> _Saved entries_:
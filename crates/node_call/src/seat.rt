ghost use Rattle.std.specs.Prelude.{◌≡◌, ◌≤◌, ◌+◌, length, sum_by};

use std::marker::Model;
use std::sync::ledger::{Book, Ledger, Share};

/// The right to make calls of one node. It counts those that were accepted, only in proofs: it has
/// no bytes, and may go to another thread.
#[derive(Drop)]
pub struct WriteSeat<L: Ledger> {
    share: Share<L>,
    ghost one: { share.parts ≡ 1 },
}

impl<L: Ledger> Model for WriteSeat<L> {
    ghost use Rattle.std.specs.Prelude.{ℕ};

    /// How many calls it made that were accepted.
    ghost Value = { ℕ };

    ghost view = { λ seat. seat.share.amount };
}

impl<L: Ledger> WriteSeat<L> {
    /// Returns the seat of one part of a ledger.
    pub fn of(share: Share<L>) -> Self
        requires { share.parts ≡ 1 }
        ensures { result ≡ share.amount }
    {
        WriteSeat { share }
    }

    /// Counts one accepted call, in the seat and in the book of all.
    pub fn count(&mut self, book: &mut Book<L>)
        ensures seat { self.new ≡ self.old + 1 }
        ensures total { book.new.total ≡ book.old.total + 1 }
    {
        book.add(&mut self.share, 1);
    }

    /// Counts as many accepted calls.
    pub fn count_all(&mut self, calls: usize, book: &mut Book<L>)
        ensures seat { self.new ≡ self.old + calls }
        ensures total { book.new.total ≡ book.old.total + calls }
    {
        book.add(&mut self.share, calls as u64);
    }

    /// Returns its part of the ledger, with what it counted.
    pub fn into_share(self) -> Share<L>
        ensures parts { result.parts ≡ 1 }
        ensures amount { result.amount ≡ self }
    {
        self.share
    }
}

/// Puts all seats back into the share that is left. All of them together are no more than the
/// ledger.
pub fn merge_all<L: Ledger>(rest: &mut Share<L>, seats: Vec<WriteSeat<L>>)
    ensures parts { rest.new.parts ≡ rest.old.parts + length seats.items }
    ensures amount { rest.new.amount ≡ rest.old.amount + sum_by (λ s. s) seats.items }
    ensures apart { rest.new.parts ≤ L.parts }
{
    for given in seats {
        rest.merge(given.into_share());
    }
    let none = rest.empty();
    rest.merge(none);
}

> _Work instructions_: Copy out, from the records above, every line that holds the string "parts".

> _Completed task_:
    ghost one: { share.parts ≡ 1 },
        requires { share.parts ≡ 1 }
        ensures parts { result.parts ≡ 1 }
    ensures parts { rest.new.parts ≡ rest.old.parts + length seats.items }
    ensures apart { rest.new.parts ≤ L.parts }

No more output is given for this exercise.